Dataset entries:
'''

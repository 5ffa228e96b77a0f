//! Laws of what a build comes to whose new store collects from two files.

ghost use Rattle.c2_collect_spec.specs.Asked.{OneCollectAsks, OneCollectPlanAsks, SomeCollectAsks};
ghost use Rattle.c2_collect_spec.specs.Asked.{SomeCollectPlanAsks};
ghost use Rattle.c2_collect_spec.specs.Made.{CollectedIsMade, MadeCollectedMeets};
ghost use Rattle.c2_collect_spec.specs.Made.{SomeCollectSucceeds};
ghost use Rattle.c2_collect_spec.specs.Made.{UnrefusedIsCollectMade, UnrefusedIsCollectPlanned};
ghost use Rattle.c2_collect_spec.specs.Outcomes.{OneCollectMade, OneCollectPlan, SomeCollectMade};
ghost use Rattle.c2_collect_spec.specs.Outcomes.{SomeCollectPlan};

/// Over two files that are opened as one thing each, and the same other inputs, a plan comes to one thing, and so does a build: the bytes
/// that are to be signed, the new file, or what is refused first.
pub fn a_collected_build_comes_to_one_thing()
    ensures plan { OneCollectPlan }
    ensures made { OneCollectMade }
{}

/// Over two files whose checks answer something, and any other inputs, a plan comes to something, and so does a build.
pub fn each_collected_build_comes_to_something()
    ensures plan { SomeCollectPlan }
    ensures made { SomeCollectMade }
{}

/// Over two files that are opened as one thing each, and the same other inputs, a plan asks one list of questions at most, and so does a
/// build.
pub fn a_collected_build_asks_one_list()
    ensures plan { OneCollectPlanAsks }
    ensures made { OneCollectAsks }
{}

/// Over two files whose checks answer something, and any other inputs, a plan asks a list of questions, and so does a build.
pub fn each_collected_build_asks_a_list()
    ensures plan { SomeCollectPlanAsks }
    ensures made { SomeCollectAsks }
{}

/// Over two files whose checks answer something, inputs on which no refusal has its condition come to bytes that are to be signed, and to
/// a new file.
pub fn unrefused_inputs_are_collected()
    ensures plan { UnrefusedIsCollectPlanned }
    ensures made { UnrefusedIsCollectMade }
{}

/// A file that a build comes to has the new store of its definition, which collects from both files, and meets each rule but the verdict on
/// its message. It asks a question over the bytes that a plan comes to, and then others, each of which one of both files asks, and the
/// judges of the build approve. All bytes of the media outside the range of its store stay, in their order. Its check answers that it is
/// valid, where judges approve each of its questions.
pub fn a_made_collected_file_meets_the_rules()
    ensures { MadeCollectedMeets }
{}

/// The file of a definition, a message and two files whose new store collects from both is what a build over these comes to, with the range
/// of that store.
pub fn a_collected_file_is_made()
    ensures { CollectedIsMade }
{}

/// Some build succeeds whose new store collects, whatever the hash, where it gives digests and judges approve each question: of a media file
/// without a store, and of one with a store.
pub fn some_collected_build_succeeds()
    ensures { SomeCollectSucceeds }
{}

'''

Work request: Your reply is to repeat, unchanged, the lines above running from the one with "a new file." up to and including the one with "the verdict on".

Answer below:
/// a new file.
pub fn unrefused_inputs_are_collected()
    ensures plan { UnrefusedIsCollectPlanned }
    ensures made { UnrefusedIsCollectMade }
{}

/// A file that a build comes to has the new store of its definition, which collects from both files, and meets each rule but the verdict on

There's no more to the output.